5 Steps to Digitize Your Business and Stay Ahead of the Competition

5 Steps to Digitize Your Business and Stay Ahead of the Competition
Published On December 25, 2020
Follow these 5 steps to digitize your business and be ready for a post-pandemic transformation.With COVID vaccines now rolling out, we can start to envision a day when the workplace will return to normal — whatever "normal" means.
To say the pandemic has had an impact on our lives would be an understatement. From the way we interact with friends and family to our everyday routines and workplaces, there’s not a part of our lives that hasn’t been touched by COVID-19.
In the past year, people have not only found new ways to regularly communicate with far away friends but have discovered ways to be productive outside the traditional office setting. After almost a year of working remotely, many employees and businesses may no longer see the need to come to the office everyday.
With large scale return to offices still a quarter or two away, now is the time to begin forming and implementing plans to make the new normal better — before your office returns to regular activity levels again. Doing so now will put you ahead of the competition that's still languishing in a world of paper.
Well before the pandemic was on anyone's radar, research showed 70% of businesses already had digital transformation plans in place. In 2019 alone, companies had earmarked 2 trillion for digital transformation.

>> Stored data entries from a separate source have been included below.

// The present pages of a range, counted, and whether one of them would lose a right.
ghost use Rattle.isa_model.specs.Memory.{Memory};
ghost use Rattle.kernel_model.specs.MemoryCalls.{any_lessened, count_present, lacks_of, lessens, rights_of_prot};
ghost use Rattle.lwk_changes.specs.Shows.{Shows, lessened_in};
ghost use Rattle.mck_word.specs.Maps.{at};
ghost use Rattle.std.specs.Prelude.{◌≡◌};
ghost use Rattle.system_calls.specs.declared.MemoryCall.TheVariants.{Mprotect};

use isa_model::allows;
use mck_flags::Rights;
use mck_word::{Access, PageRange};
use page_map::PageTable;
use system_calls::MemoryCall;

/// How many pages of the range are present.
pub fn count_present<T: PageTable>(table: &T, r: &PageRange) -> u64
    ensures { (m : Memory) → Shows (T.rows table.now) m → result ≡ count_present m r.now }
{
    let mut count = 0;
    let mut from = r.lo;
    while let Some(page) = table.next(from) {
        if page >= r.hi {
            break;
        }
        count += 1;
        from = page + 1;
    }
    count
}

fn lacks_of(old: Rights, new: Rights, a: Access) -> bool
    ensures { result ≡ lacks_of old new a }
{
    allows(a, old) && !allows(a, new)
}

/// Whether the new rights lack one of the old ones.
fn lessens(old: Rights, new: Rights) -> bool
    ensures { result ≡ lessens old new }
{
    lacks_of(old, new, Access::Read)
        || lacks_of(old, new, Access::Write)
        || lacks_of(old, new, Access::Exec)
}

/// Whether the page is present and would lose a right.
fn is_lessened<T: PageTable>(table: &T, page: u64, rights: Rights) -> bool
    ensures { result ≡ lessened_in (at (T.rows table.now) page) rights }
{
    match table.get(page) {
        Some(row) => lessens(row.1, rights),
        None => false,
    }
}

/// Whether a page of the range would lose a right.
fn lessens_any<T: PageTable>(table: &T, r: &PageRange, rights: Rights) -> bool
    ensures { (m : Memory) → Shows (T.rows table.now) m → result ≡ any_lessened m r.now rights }
{
    let mut from = r.lo;
    while let Some(page) = table.next(from) {
        if page >= r.hi {
            break;
        }
        if is_lessened(table, page, rights) {
            return true;
        }
        from = page + 1;
    }
    false
}

/// Whether the call is an mprotect by which a page of the range would lose a right.
pub fn call_lessens<T: PageTable>(
    table: &T,
    call: MemoryCall,
    r: &PageRange,
    rights: Rights,
) -> bool
    ensures { (m : Memory) → Shows (T.rows table.now) m → call ≡ Mprotect → result ≡ any_lessened m r.now rights }
{
    match call {
        MemoryCall::Mprotect => lessens_any(table, r, rights),
        MemoryCall::Mmap | MemoryCall::Munmap | MemoryCall::Brk => false,
    }
}

/// The rights of PROT bits: a page with the write right also has the read right.
#[tactic(auto, unfolding(kernel_model::specs::MemoryCalls::rights_of_prot))]
pub fn rights_of(prot: u64) -> Rights
    ensures { result ≡ rights_of_prot prot }
{
    let write = prot / 2 % 2 == 1;
    let exec = prot / 4 % 2 == 1;
    let read = prot % 2 == 1 || write;
    Rights((if read { 1 } else { 0 }) + (if write { 2 } else { 0 }) + (if exec { 4 } else { 0 }))
}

In addition to providing instant file access for remote employees, there are environmental, space, compliance and cost benefits to getting rid of the paper.
To help set your team on the path to creating a tailored digitization plan, here are the five steps we’ve put together:
Set Goals for Digitization
Digitization for the sake of digitization isn't good enough. You need to know your reasons before proceeding. Identifying why you want to digitize can help you better connect with the partners, vendors and stakeholders. There is no one correct answer; it'll be different for each business. For example, a plan that is rooted in sustainability may have different digitization goals from a cybersecurity-driven approach.

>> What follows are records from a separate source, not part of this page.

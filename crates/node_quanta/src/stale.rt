// Why quanta don't happen.
use rv_quantum::Differs;

/// Why quanta don't happen: the thread may not run on the core; the limit leaves only so many instructions; or
/// something isn't as they saw it.
#[derive(Clone, Copy, Debug, PartialEq, Eq)]
pub enum Stale {
    Halted,
    Limit(u64),
    Seen(Differs),
}
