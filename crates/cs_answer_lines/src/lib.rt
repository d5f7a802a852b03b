//! The lines that answer a READ: one for each of its steps.
#![tactic(auto)]

mod laws;
mod line;

pub use laws::{answers_can_stand, scripts_can_stand};
pub use line::step_line;
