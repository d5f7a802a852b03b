ghost use Rattle.cs_answer_lines.specs.Writable.{PartCanStand, StartCanStand, EachCanStand, ScriptsAreKept, ScriptsAreWritable};

use cs_capture::captured_changes_can_be_grouped;
use cs_steps::captured_is_committed;

/// A law: a line can stand for each step that answers a READ, of a part or of none, of a stream
/// that has at most 65,536 parts, where a record can name each table and each transaction; and so
/// for the step at a place.
pub fn answers_can_stand()
    ensures part { PartCanStand }
    ensures start { StartCanStand }
    ensures each { EachCanStand }
{
    let _grouped = captured_changes_can_be_grouped();
    let _committed = captured_is_committed();
}

/// A law: so it is for a database that a script has made, whose catalog is sound and whose
/// modifications are a history.
pub fn scripts_can_stand()
    ensures kept { ScriptsAreKept }
    ensures writable { ScriptsAreWritable }
{}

Don't Save Everything by Default
"Digitize everything" isn't a plan. First, you need to decide what your organization needs and conduct an in-depth audit. Maybe you'll decide you do need to keep everything. But if you have stacks of paper invoices since 1977 marked "paid" and there's no chance you'll need them again, then you'd be wasting time, money and gigabyte space digitizing them.

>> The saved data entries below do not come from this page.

ghost use Rattle.std.specs.Prelude.{◌≡◌, IfOk};
ghost use Rattle.cs_link.specs.declared.reading.Closing.TheVariants.{CaughtUp};
ghost use Rattle.cs_answer_lines.specs.StepLine.{closing_text, step_text, CanStandAs};

use cs_json::record_to_line;
use cs_link::{Closing, Step};
use cs_types::{Memory, Stamp, Text};
use std::alloc::Global;

/// The line of an answer that gave all that was asked for.
const FINISHED: &str = "{\"closing\":\"FINISHED\"}";
/// The line of an answer behind which there is more.
const CUT: &str = "{\"closing\":\"CUT\"}";

/// The one line of a step, without its end: that of its record, as `record_to_line` of cs_json
/// writes it, or a line that closes the answer, which for a READ that caught up tells the present
/// moment. A line can stand for the step: where it is a record, that is what `record_to_line`
/// needs, and each step of an answer is so by [`crate::answers_can_stand`]. It takes time in the
/// size of the line.
pub fn step_line(alloc: Global, step: &Step) -> Result<Text, Memory>
    requires { CanStandAs step.now }
    ensures { IfOk result (λ t. t ≡ step_text step.now) }
{
    match step {
        Step::Record(item) => record_to_line(alloc, item),
        Step::Closing(closing) => closing_line(alloc, *closing),
    }
}

fn closing_line(alloc: Global, closing: Closing) -> Result<Text, Memory>
    ensures { IfOk result (λ t. t ≡ closing_text closing) }
{
    match closing {
        Closing::Finished => Text::of(alloc, FINISHED),
        Closing::CaughtUp(moment) => caught_up_line(alloc, moment),
        Closing::Cut => Text::of(alloc, CUT),
    }
}

fn caught_up_line(alloc: Global, moment: Stamp) -> Result<Text, Memory>
    ensures { IfOk result (λ t. t ≡ closing_text (CaughtUp moment)) }
{
    let stamp = moment.write(alloc)?;
    let text = stamp.as_str();
    let line = format!(in alloc; "{{\"closing\":\"CAUGHT_UP\",\"moment\":\"{text}\"}}")?;
    Text::from_string(line)
}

You want to do a deep inventory of the paperwork your business already has and decide what needs saving first and what doesn’t. Anything your team does not want to keep should be securely disposed of. Following this inventory, you’ll then need a plan for an imaging process. An audit that digs into the past will help you consolidate for the future.
Establish Processes and Procedures
Your post-COVID, post-imaging business life needs to have firm processes in place. How will paperwork be imaged? What happens to the paperwork after it is digitized? How long are different items stored digitally, and what is a safe process for getting rid of them? For instance, if your business takes orders by credit card, maybe you decide orders are saved for three years, tax-related documents for five years and contracts for 10 years.
Without addressing how your business wants to discard out-of-date or unused paper files, you’re putting confidential information at risk. By setting forth clearly outlined digitization processes from the onset, your team’s digitization effort will be more successful.
Plan for Security Needs
Despite the headlines we hear about hackers and data breaches, digitization with a robust security plan is key. And, increasingly, it is also the law to protect client’s private information. Yes, hackers can access poorly defended data. But a disaster like a fire can incinerate years of data, and your business could be gone forever. Once a paper is gone, there's no getting it back.
With digitization, the chances of that type of failure are remote. So, as your business refines its digital plan, a cybersecurity blueprint should be constructed concurrently. For safeguarding extremely sensitive data, an off-site, air-gapped storage option may be the answer.
Know the Data Laws
If you keep credit card information, medical data or financial information stored in unsecured document files, you aren't just making a poor security choice — you are also exposing your company to potentially hefty fines and penalties from regulators. An increasing number of entities are imposing laws that protect consumer privacy. The days of being lax with data are over.
Don't Skimp on Training
Lastly, you can't implement a digitization plan and just expect everyone to instantly fall into the new routine. Employees will need to be trained, tasks must be delegated, and everyone will need some time to get comfortable with the new system. Your company will also need to assemble a team of vendors, software and stakeholders to make your plan work.
Digitization is a way of providing a road map for data to travel. Now that you have the steps to begin your company's digitization journey, start planning today and you'll find a post-COVID world that isn't just normal, but better.